Dataset records –

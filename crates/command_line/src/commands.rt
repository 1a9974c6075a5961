//! The arguments as a command.

ghost use Rattle.std.specs.Prelude.{◌≡◌, ◌+◌, ◌≤◌, false, List, Ok, Some, IfOk, IfSome, IsOk, IsSome, ℤ, map, option_map, string_bytes};
ghost use Rattle.calendar_days.specs.Calendar.{IsFirstSecond};
ghost use Rattle.clap.specs.Words.{app_of, takes};
ghost use Rattle.std.specs.Prelude.{true};
ghost use Rattle.command_line.specs.Commands.{asks_to_serve, command_by, command_of, has_numbers, is_serve, name_of};
ghost use Rattle.command_line.specs.Forms.{IsForm, Written};
ghost use Rattle.command_line.specs.Limits.{most_port, least_port, least_workers, most_drilled, most_rounds, most_workers};
ghost use Rattle.command_line.specs.Reading.{matched_value, read_value};
ghost use Rattle.command_line.specs.declared.commands.Subcommand.{Subcommand};
ghost use Rattle.command_line.specs.declared.commands.Subcommand.TheVariants.{Drill, Report, Serve};
ghost use Rattle.command_line.specs.declared.drill.DrillOptions.{DrillOptions};
ghost use Rattle.command_line.specs.declared.serve.ServeOptions.{ServeOptions};

use crate::command_names::CommandName;
use crate::drill::DrillOptions;
use crate::option_names::OptionName;
use crate::reading::{command_for, matched_value, matches_of, words_for};
use crate::serve::ServeOptions;
use calendar_days::read_day;
use clap::{ArgMatches, Command};
use farm_base::NoMemory;
use std::alloc::Global;

/// A command of the program.
#[derive(Clone, Copy, Debug, PartialEq, Eq)]
pub enum Subcommand {
    /// The figures of observed volumes or of levels; no option.
    Calc,
    /// The journal of a site, without an entry; options `site` and `journal`.
    Init,
    /// The issued capacity tables of a site; option `site`.
    Table,
    /// Requests to the desk of a journal, a line each; option `journal`.
    Batch,
    /// The desk of a journal over HTTP; options `journal`, `port`, `workers` and `rounds`.
    Serve(ServeOptions),
    /// What a day did to each tank of a journal, by the first second of the day; options `journal` and `day`.
    Report(i64),
    /// A drill; options `seed` and `count`.
    Drill(DrillOptions),
}

impl Subcommand {
    /// The command of arguments, whose name `CommandName::of_words` answers. `clap` reads the values of `serve`, `report` and
    /// `drill`; another command is its name, which takes no memory.
    pub fn read(alloc: Global, name: CommandName, words: &[String]) -> Result<Subcommand, NoMemory>
        requires name { option_map name_of (command_of (map string_bytes words.now)) ≡ Some name }
        ensures command { IfOk result (λ command. command_of (map string_bytes words.now) ≡ Some command) }
        ensures name { IfOk result (λ command. name_of command ≡ name) }
        ensures without_memory { has_numbers name ≡ false → IsOk result }
        ensures form { IfOk result (λ command. (options : List Written) × IsForm command options (map string_bytes words.now)) }
        ensures every_form { (command : Subcommand) (options : List Written) → IsForm command options (map string_bytes words.now) → IfOk result (λ read. read ≡ command) }
        ensures port { (options : ServeOptions) → result ≡ Ok (Serve options) → least_port ≤ options.port }
        ensures ports { (options : ServeOptions) → result ≡ Ok (Serve options) → options.port + options.workers ≤ most_port + 1 }
        ensures workers { (options : ServeOptions) → result ≡ Ok (Serve options) → (least_workers ≤ options.workers) × (options.workers ≤ most_workers) }
        ensures rounds { (options : ServeOptions) → result ≡ Ok (Serve options) → options.rounds ≤ most_rounds }
        ensures day { (second : ℤ) → result ≡ Ok (Report second) → IsFirstSecond second }
        ensures count { (options : DrillOptions) → result ≡ Ok (Drill options) → options.count ≤ most_drilled }
        ensures serve { IfOk result (λ command. is_serve command ≡ asks_to_serve (map string_bytes words.now)) }
    {
        Subcommand::of_name(alloc, name, words)
    }

    // It as it is read.
    fn of_name(alloc: Global, name: CommandName, words: &[String]) -> Result<Subcommand, NoMemory>
        requires name { option_map name_of (command_of (map string_bytes words.now)) ≡ Some name }
        ensures command { IfOk result (λ command. command_of (map string_bytes words.now) ≡ Some command) }
        ensures without_memory { has_numbers name ≡ false → IsOk result }
    {
        match name {
            CommandName::Calc => Ok(Subcommand::Calc),
            CommandName::Init => Ok(Subcommand::Init),
            CommandName::Table => Ok(Subcommand::Table),
            CommandName::Batch => Ok(Subcommand::Batch),
            CommandName::Serve | CommandName::Report | CommandName::Drill => {
                Subcommand::with_values(alloc, name, words)
            }
        }
    }

    // It with the values that `clap` reads.
    fn with_values(
        alloc: Global,
        name: CommandName,
        words: &[String],
    ) -> Result<Subcommand, NoMemory>
        requires name { option_map name_of (command_of (map string_bytes words.now)) ≡ Some name }
        ensures command { IfOk result (λ command. command_of (map string_bytes words.now) ≡ Some command) }
    {
        let spelled = words_for(alloc, name, words)?;
        let mut command = command_for(alloc, name)?;
        let read = Subcommand::parsed(&mut command, name, spelled.as_slice());
        drop(command);
        read
    }

    // The command of this name in words that `clap` takes, and in which its values are ones.
    fn parsed<'a, 'w>(
        command: &mut Command<'a>,
        name: CommandName,
        words: &'a [&'w str],
    ) -> Result<Subcommand, NoMemory>
        requires taken { takes (app_of command.old) (map (λ word. word.now) words.now) ≡ true }
        requires values { IsSome (command_by name (read_value (app_of command.old) (map (λ word. word.now) words.now))) }
        ensures command { IfOk result (λ read. command_by name (read_value (app_of command.old) (map (λ word. word.now) words.now)) ≡ Some read) }
    {
        let matches = matches_of(command, words)?;
        let read = Subcommand::matched(name, &matches);
        drop(matches);
        match read {
            Some(read) => Ok(read),
            None => unreachable!(),
        }
    }

    // The command of this name, with the numbers and the day that its options have by matches.
    fn matched(name: CommandName, matches: &ArgMatches) -> Option<Subcommand>
        ensures { result ≡ command_by name (matched_value matches.now) }
    {
        match name {
            CommandName::Calc => Some(Subcommand::Calc),
            CommandName::Init => Some(Subcommand::Init),
            CommandName::Table => Some(Subcommand::Table),
            CommandName::Batch => Some(Subcommand::Batch),
            CommandName::Serve => Some(Subcommand::Serve(ServeOptions::matched(matches)?)),
            CommandName::Report => {
                let day = matched_value(matches, OptionName::Day);
                Some(Subcommand::Report(read_day(day.as_bytes()).ok()?))
            }
            CommandName::Drill => Some(Subcommand::Drill(DrillOptions::matched(matches)?)),
        }
    }
}

/// Whether the first word is `serve`. Takes no memory.
pub fn asks_to_serve(words: &[String]) -> bool
    ensures first_word { result ≡ asks_to_serve (map string_bytes words.now) }
{
    match words {
        [word, ..] => word.as_str() == "serve",
        [] => false,
    }
}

Problem statement – Go line by line through the data above and count those holding "IsSome"; report the number alone.

Problem solution – 2